TSAGAAN PUNTSAG: For the last 20 years, Mongolia has conducted a dual political and economic transition, and we have achieved quite a lot. Yet, we have failed to reduce government inefficiency. Today, we have an electoral democracy, though with shortcomings. After much deliberation, we have concluded that Mongolia needs to reform its government to provide transparency, inclusiveness, fairness and competitiveness. More people should be able to run for parliament, and we have to ensure an equal opportunity for those who want to exercise their right to be elected. To this end, we are working on a number of laws, such as the Election Law, which will regulate important subjects, including the election financing process. On a parallel track, we are drafting the Law on National Development Goals and the Law on National Development Planning. The former aims to standardise measurable and simple macroeconomic statistics to be used by all political parties and candidates in their campaigns and administrations. This is an important step towards correctly measuring major indicators of economic growth in Mongolia.
Our country needs double-digit growth for the next few decades and, in order to achieve this, we need smart macroeconomic policies that will take this country to the next level. We need lower inflation, stable exchange rates and a stable investment environment, among other things. Such smart policies derive from capable, competent and responsible public servants; hence, the ultimate goal of this nationwide initiative is to have a government that has public officials who are better prepared to cope with the challenges ahead. The policies that will result from such a government will have a positive impact on Mongolia’s economy.
How will this governance initiative increase foreign direct investment (FDI) in the country?
TSAGAAN: This is an opportunity for Mongolia to take a big step in economic development by consistently reaching GDP growth numbers close to 20%. In order for this to happen it is crucial to secure, inter alia, FDI for the long run. Our government has made mistakes in the past with regards to the stability and predictability of our policies and regulations.
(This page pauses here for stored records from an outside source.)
//! What an instruction reads.
ghost use Rattle.std.specs.Prelude.{◌≡◌, ◌∷◌, [], IfOk};
ghost use Rattle.world_rules.specs.Places.{below_top};
ghost use Rattle.world_rules.specs.Readings.{readings, one_reading, own, slot_below, top_read, two_read, constant};

use crate::names::name_read;
use program_tables::Program;
use sqlite_items::Items;
use stack_code::{ConstKind, Op};
use std::alloc::{AllocError, Global};
use world_rules::{OwnedSeat, Seat, SeatOwner, SeatReading, Thread, Transfer, Yield};

/// The readings of an instruction, where the stack has a depth, in a thread. One without a rule has none.
pub fn readings(
    alloc: Global,
    program: &Program,
    thread: Thread,
    depth: u32,
    op: &Op,
) -> Result<Items<SeatReading>, AllocError>
    ensures { IfOk result (λ answer. answer ≡ readings program.now.program program.now.scopes thread depth op.now) }
{
    match op {
        Op::Const(kind) => one_reading(alloc, &[], Transfer::Makes(constant(*kind))),
        Op::LoadLocal(local) => {
            one_reading(alloc, &[own(Seat::Local(*local))], Transfer::Copies)
        }
        Op::StoreLocal(_) => top_read(alloc, depth, Transfer::Copies),
        Op::ForgetLocal(_) | Op::ForgetName(_) => one_reading(alloc, &[], Transfer::Forgets),
        Op::LoadName(name) => name_read(alloc, program, thread, *name),
        Op::StoreName(name) => top_read(alloc, depth, Transfer::Stores(*name)),
        Op::Pick(below) => one_reading(alloc, &[slot_below(depth, *below)], Transfer::Copies),
        Op::Unary(op) => top_read(alloc, depth, Transfer::Applies(*op)),
        Op::Not => top_read(alloc, depth, Transfer::Negates),
        Op::Binary(op, site) => two_read(alloc, depth, Transfer::Combines(*op, *site)),
        Op::InPlace(op, site) => two_read(alloc, depth, Transfer::Changes(*op, *site)),
        Op::Compare(op) => two_read(alloc, depth, Transfer::Compares(*op)),
        _ => Ok(Items::new(alloc)),
    }
}

/// Seats that are read together, as the only reading.
pub(crate) fn one_reading(
    alloc: Global,
    seats: &[OwnedSeat],
    transfer: Transfer,
) -> Result<Items<SeatReading>, AllocError>
    ensures { IfOk result (λ answer. answer ≡ one_reading seats.now transfer) }
{
    let seats = Items::from_slice(alloc, seats)?;
    let mut readings = Items::new(alloc);
    readings.push(SeatReading { seats, transfer })?;
    Ok(readings)
}

fn top_read(alloc: Global, depth: u32, transfer: Transfer) -> Result<Items<SeatReading>, AllocError>
    ensures { IfOk result (λ answer. answer ≡ top_read depth transfer) }
{
    one_reading(alloc, &[slot_below(depth, 0)], transfer)
}

fn two_read(alloc: Global, depth: u32, transfer: Transfer) -> Result<Items<SeatReading>, AllocError>
    ensures { IfOk result (λ answer. answer ≡ two_read depth transfer) }
{
    one_reading(
        alloc,
        &[slot_below(depth, 1), slot_below(depth, 0)],
        transfer,
    )
}

pub(crate) fn own(seat: Seat) -> OwnedSeat
    ensures { result ≡ own seat }
{
    OwnedSeat {
        owner: SeatOwner::Own,
        seat,
    }
}

// The slot that stands so many below the top.
fn slot_below(depth: u32, below: u32) -> OwnedSeat
    ensures { result ≡ slot_below depth below }
{
    own(Seat::Slot(below_top(depth, below)))
}

fn below_top(depth: u32, below: u32) -> u32
    ensures { result ≡ below_top depth below }
{
    depth.saturating_sub(below).saturating_sub(1)
}

fn constant(kind: ConstKind) -> Yield
    ensures { result ≡ constant kind }
{
    match kind {
        ConstKind::NoneValue => Yield::NoneValue,
        ConstKind::TrueValue => Yield::TrueValue,
        ConstKind::FalseValue => Yield::FalseValue,
        ConstKind::Int => Yield::Int,
        ConstKind::Float => Yield::Float,
        ConstKind::Str => Yield::Str,
        ConstKind::Bytes => Yield::Bytes,
    }
}
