//! All rows of a log.
ghost use Rattle.std.specs.Prelude.{◌≡◌, IfOk, IsSomeAnd, OnOk, Some, map, reverse, IfErr, ◌≢◌};
ghost use Rattle.std.specs.FinMap.{entries, from_entries, keys};
ghost use Rattle.sqlite.specs.Held.{state};
ghost use Rattle.sqlite.specs.State.{HasCleanDisk};
ghost use Rattle.xa_base.specs.Branch.{branch_cmp, gtrid_cmp};
ghost use Rattle.xa_log.specs.Content.{all_listed, unchanged};
ghost use Rattle.xa_log.specs.Contract.{Makes};
ghost use Rattle.xa_sql_log.specs.Rows.{branch_from, gtrid_from, heuristic_from};
ghost use Rattle.xa_log.specs.KeySet.{from_list, items};
ghost use Rattle.xa_sql_log.specs.Sql.{IsOrderly, OnlyReads, content_in};
ghost use Rattle.xa_log.specs.declared.log_fault.LogFault.{LogFault};

use crate::fields;
use crate::statements::ask;
use sqlite::{Alter, Connection, Row};
use std::collections::{BTreeMap, BTreeSet};
use xa_base::{Branch, Gtrid, How};
use xa_log::{LogFault, LogRows};

/// The transactions that rows name, in the order of their identifiers.
fn gtrids(rows: Vec<Row>) -> Result<Vec<Gtrid>, LogFault>
    ensures ok { IfOk result (λ list.
        list.items ≡ items (from_list {R = gtrid_cmp} (map gtrid_from rows.items))) }
    ensures unspent { IfErr result (λ fault. fault ≢ LogFault.Spent) }
{
    let alloc = *rows.allocator();
    let mut gtrids = BTreeSet::new(alloc);
    for row in &rows {
        gtrids.insert(fields::gtrid(row)?)?;
    }
    Ok(gtrids.into_iter().collect(alloc)?)
}

/// The branches that rows name, in the order of their identifiers.
fn branches(rows: Vec<Row>) -> Result<Vec<Branch>, LogFault>
    ensures ok { IfOk result (λ list.
        list.items ≡ items (from_list {R = branch_cmp} (map branch_from rows.items))) }
    ensures unspent { IfErr result (λ fault. fault ≢ LogFault.Spent) }
{
    let alloc = *rows.allocator();
    let mut branches = BTreeSet::new(alloc);
    for row in &rows {
        branches.insert(fields::branch(row)?)?;
    }
    Ok(branches.into_iter().collect(alloc)?)
}

/// The heuristic ends that rows record, in the order of the branches' identifiers. The last row of a branch counts.
fn ends(rows: Vec<Row>) -> Result<Vec<(Branch, How)>, LogFault>
    ensures ok { IfOk result (λ list. list.items ≡
        entries (from_entries {R = branch_cmp} (reverse (map heuristic_from rows.items)))) }
    ensures unspent { IfErr result (λ fault. fault ≢ LogFault.Spent) }
{
    let alloc = *rows.allocator();
    let mut ends = BTreeMap::new(alloc);
    for row in &rows {
        ends.insert(fields::branch(row)?, fields::how(row, 4)?)?;
    }
    Ok(ends.into_iter().collect(alloc)?)
}

fn all_decisions<S: Alter>(conn: &mut Connection<S>) -> Result<Vec<Gtrid>, LogFault>
    ensures reads { OnlyReads (state S.Store conn.old) (state S.Store conn.new) }
    ensures ok { IsOrderly (state S.Store conn.old) → HasCleanDisk (state S.Store conn.new) →
        IfOk result (λ list. IsSomeAnd (content_in (state S.Store conn.old)) (λ c.
        (content_in (state S.Store conn.new) ≡ Some c) × (list.items ≡ keys c.decisions))) }
    ensures unspent { IfErr result (λ fault. fault ≢ LogFault.Spent) }
{
    gtrids(ask(conn, "SELECT inc, seq FROM decision", &[])?)
}

fn all_participants<S: Alter>(conn: &mut Connection<S>) -> Result<Vec<Branch>, LogFault>
    ensures reads { OnlyReads (state S.Store conn.old) (state S.Store conn.new) }
    ensures ok { IsOrderly (state S.Store conn.old) → HasCleanDisk (state S.Store conn.new) →
        IfOk result (λ list. IsSomeAnd (content_in (state S.Store conn.old)) (λ c.
        (content_in (state S.Store conn.new) ≡ Some c)
        × (list.items ≡ all_listed (entries c.decisions)))) }
    ensures unspent { IfErr result (λ fault. fault ≢ LogFault.Spent) }
{
    branches(ask(conn, "SELECT inc, seq, thread, rm FROM participant", &[])?)
}

fn all_heuristics<S: Alter>(conn: &mut Connection<S>) -> Result<Vec<(Branch, How)>, LogFault>
    ensures reads { OnlyReads (state S.Store conn.old) (state S.Store conn.new) }
    ensures ok { IsOrderly (state S.Store conn.old) → HasCleanDisk (state S.Store conn.new) →
        IfOk result (λ list. IsSomeAnd (content_in (state S.Store conn.old)) (λ c.
        (content_in (state S.Store conn.new) ≡ Some c) × (list.items ≡ entries c.heuristics))) }
    ensures unspent { IfErr result (λ fault. fault ≢ LogFault.Spent) }
{
    ends(ask(conn, "SELECT inc, seq, thread, rm, how FROM heuristic", &[])?)
}

/// All rows.
pub(crate) fn rows<S: Alter>(conn: &mut Connection<S>) -> Result<LogRows, LogFault>
    ensures reads { OnlyReads (state S.Store conn.old) (state S.Store conn.new) }
    ensures kept { IsOrderly (state S.Store conn.old) → HasCleanDisk (state S.Store conn.new) →
        OnOk result (Makes unchanged
        (content_in (state S.Store conn.old)) (content_in (state S.Store conn.new))) }
    ensures decisions { IsOrderly (state S.Store conn.old) → HasCleanDisk (state S.Store conn.new) →
        IfOk result (λ rows. IsSomeAnd (content_in (state S.Store conn.old)) (λ c.
        rows.decisions.items ≡ keys c.decisions)) }
    ensures participants { IsOrderly (state S.Store conn.old)
        → HasCleanDisk (state S.Store conn.new) →
        IfOk result (λ rows. IsSomeAnd (content_in (state S.Store conn.old)) (λ c.
        rows.participants.items ≡ all_listed (entries c.decisions))) }
    ensures heuristics { IsOrderly (state S.Store conn.old)
        → HasCleanDisk (state S.Store conn.new) →
        IfOk result (λ rows. IsSomeAnd (content_in (state S.Store conn.old)) (λ c.
        rows.heuristics.items ≡ entries c.heuristics)) }
    ensures unspent { IfErr result (λ fault. fault ≢ LogFault.Spent) }
{
    let decisions = all_decisions(conn)?;
    let participants = all_participants(conn)?;
    let heuristics = all_heuristics(conn)?;
    Ok(LogRows {
        decisions,
        participants,
        heuristics,
    })
}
Today, we have learned this lesson and, by instituting smarter governance mechanisms, we will create a more capable, competitive and efficient environment domestically, which will result in a secure and stable business climate.
Investors are taking a risk when they enter Mongolia, and we must work together with them to create mutually beneficial partnerships. In a country with a government that is service-oriented, focused on research and ruled by law, the investor community becomes more confident in the capability of the government to collaborate with them, which in the end will help improve the country’s appeal as an investment destination.
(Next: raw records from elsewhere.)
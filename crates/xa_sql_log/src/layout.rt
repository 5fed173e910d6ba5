//! Which tables of a log a database has, by the definitions of all of them: what is found here is known before anything is written.
ghost use Rattle.std.specs.Prelude.{◌≡◌, ◌⊎◌, true, false, Err, Ok, OnErr, OnOk};
ghost use Rattle.std.specs.List.{list_any};
ghost use Rattle.sqlite.specs.Held.{state};
ghost use Rattle.xa_sql_log.specs.Layouts.{begins_with_branch, has_first_tables, is_at, is_decision, is_heuristic, is_meta, is_participant, is_taken, layout_in, takes_names, HasOtherTables};
ghost use Rattle.xa_sql_log.specs.OpenedDatabase.{IsBlank, HasTables};
ghost use Rattle.xa_sql_log.specs.Tables.{old_schema, log_schema};

use sqlite::{Alter, Connection};
use sqlite_schema::schema::{Schema, Table};
use xa_log::LogFault;

/// What a database has of a log's tables.
#[derive(Clone, Copy, Debug, PartialEq, Eq)]
pub(crate) enum Layout {
    /// Nothing has the name of one.
    Missing,
    Version1,
    Version2,
    /// Something has the name of one, and they aren't those of a log: one is missing, or has other columns.
    Other,
}

/// Whether the column of this name is at this place.
fn is_at(table: &Table, name: &[u8], place: usize) -> bool
    ensures { result ≡ is_at table.now name.now place }
{
    table.column_named(name) == Some(place)
}

fn is_meta(table: &Table) -> bool
    ensures { result ≡ is_meta table.now }
{
    table.is_named(b"tm_meta")
        && table.columns.len() == 3
        && is_at(table, b"k", 0)
        && is_at(table, b"version", 1)
        && is_at(table, b"incarnation", 2)
}

fn is_decision(table: &Table) -> bool
    ensures { result ≡ is_decision table.now }
{
    table.is_named(b"decision")
        && table.columns.len() == 2
        && is_at(table, b"inc", 0)
        && is_at(table, b"seq", 1)
}

/// Whether the first four columns name a branch.
fn begins_with_branch(table: &Table) -> bool
    ensures { result ≡ begins_with_branch table.now }
{
    is_at(table, b"inc", 0)
        && is_at(table, b"seq", 1)
        && is_at(table, b"thread", 2)
        && is_at(table, b"rm", 3)
}

fn is_heuristic(table: &Table) -> bool
    ensures { result ≡ is_heuristic table.now }
{
    table.is_named(b"heuristic")
        && table.columns.len() == 5
        && begins_with_branch(table)
        && is_at(table, b"how", 4)
}

fn is_participant(table: &Table) -> bool
    ensures { result ≡ is_participant table.now }
{
    table.is_named(b"participant") && table.columns.len() == 4 && begins_with_branch(table)
}

/// Whether a table or a view has this name. What can't be read of a table is kept as a view.
fn is_taken(schema: &Schema, name: &[u8]) -> bool
    ensures { result ≡ is_taken schema.now name.now }
{
    schema.table_named(name).is_some() || schema.view_named(name).is_some()
}

/// Whether something has the name of a log's table.
fn takes_names(schema: &Schema) -> bool
    ensures { result ≡ takes_names schema.now }
{
    is_taken(schema, b"tm_meta")
        || is_taken(schema, b"decision")
        || is_taken(schema, b"heuristic")
        || is_taken(schema, b"participant")
}

fn has_meta(schema: &Schema) -> bool
    ensures { result ≡ list_any is_meta schema.now.tables }
{
    schema.tables.as_slice().iter().any(is_meta)
}

fn has_decision(schema: &Schema) -> bool
    ensures { result ≡ list_any is_decision schema.now.tables }
{
    schema.tables.as_slice().iter().any(is_decision)
}

fn has_heuristic(schema: &Schema) -> bool
    ensures { result ≡ list_any is_heuristic schema.now.tables }
{
    schema.tables.as_slice().iter().any(is_heuristic)
}

fn has_participant(schema: &Schema) -> bool
    ensures { result ≡ list_any is_participant schema.now.tables }
{
    schema.tables.as_slice().iter().any(is_participant)
}

/// Whether each table is there that a log of version 1 has.
fn has_first_tables(schema: &Schema) -> bool
    ensures { result ≡ has_first_tables schema.now }
{
    has_meta(schema) && has_decision(schema) && has_heuristic(schema)
}

#[tactic(auto, unfolding(crate::specs::Layouts::layout_in))]
fn layout_in(schema: &Schema) -> Layout
    ensures { result ≡ layout_in schema.now }
{
    if !takes_names(schema) {
        return Layout::Missing;
    }
    if !has_first_tables(schema) {
        return Layout::Other;
    }
    if has_participant(schema) {
        return Layout::Version2;
    }
    if is_taken(schema, b"participant") {
        return Layout::Other;
    }
    Layout::Version1
}

/// Which tables of a log the database has.
pub(crate) fn layout_of<S: Alter>(conn: &Connection<S>) -> Layout
    ensures value { result ≡ layout_in (state S.Store conn.now).now.schema }
    ensures missing { IsBlank (state S.Store conn.now) → result ≡ Layout.Missing }
    ensures version_1 { (state S.Store conn.now).now.schema ≡ old_schema →
        result ≡ Layout.Version1 }
    ensures version_2 { (state S.Store conn.now).now.schema ≡ log_schema →
        result ≡ Layout.Version2 }
{
    layout_in(conn.schema())
}

/// Whether the database has tables of a log, or others of their names.
pub(crate) fn has_log<S: Alter>(conn: &Connection<S>) -> bool
    ensures blank { IsBlank (state S.Store conn.now) → result ≡ false }
    ensures tables { HasTables (state S.Store conn.now) → result ≡ true }
{
    match layout_of(conn) {
        Layout::Missing => false,
        Layout::Version1 | Layout::Version2 | Layout::Other => true,
    }
}

/// Refuses tables that have a log's names and aren't those of one.
pub(crate) fn refuse_other<S: Alter>(conn: &Connection<S>) -> Result<(), LogFault>
    ensures ok { OnOk result (¬ HasOtherTables (state S.Store conn.now)) }
    ensures other { HasOtherTables (state S.Store conn.now) → result ≡ Err LogFault.Version }
    ensures tables { HasTables (state S.Store conn.now) → result ≡ Ok tt }
{
    match layout_of(conn) {
        Layout::Other => Err(LogFault::Version),
        Layout::Missing | Layout::Version1 | Layout::Version2 => Ok(()),
    }
}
How will the government’s strategy evolve in regards to Mongolia’s two immediate neighbours, as well as relations with third neighbours?
TSAGAAN: Mongolia aims at maintaining a balance between our two immediate neighbours and our third neighbours. We are working to secure more investment sources from foreign partners. As an open country, we seek mutually beneficial relations with all of our neighbours. Mining has been a major focus when it comes to Mongolia’s relationship with foreign partners. Amidst stories of success, we have also had negative experiences due to mistakes and wrongdoing on the part of our government, as well as foreign firms. Moving forward, we need to ensure win-win, fair and transparent cooperation with international partners operating in Mongolia. We need to make sure we are properly understood, leaving no room for misinterpretation. Though a small country in terms of population, we are a highly educated nation. We need to make sure that we are understood correctly, that our good intentions are acknowledged and that the progress and prosperity to which we aspire are shared and inclusive.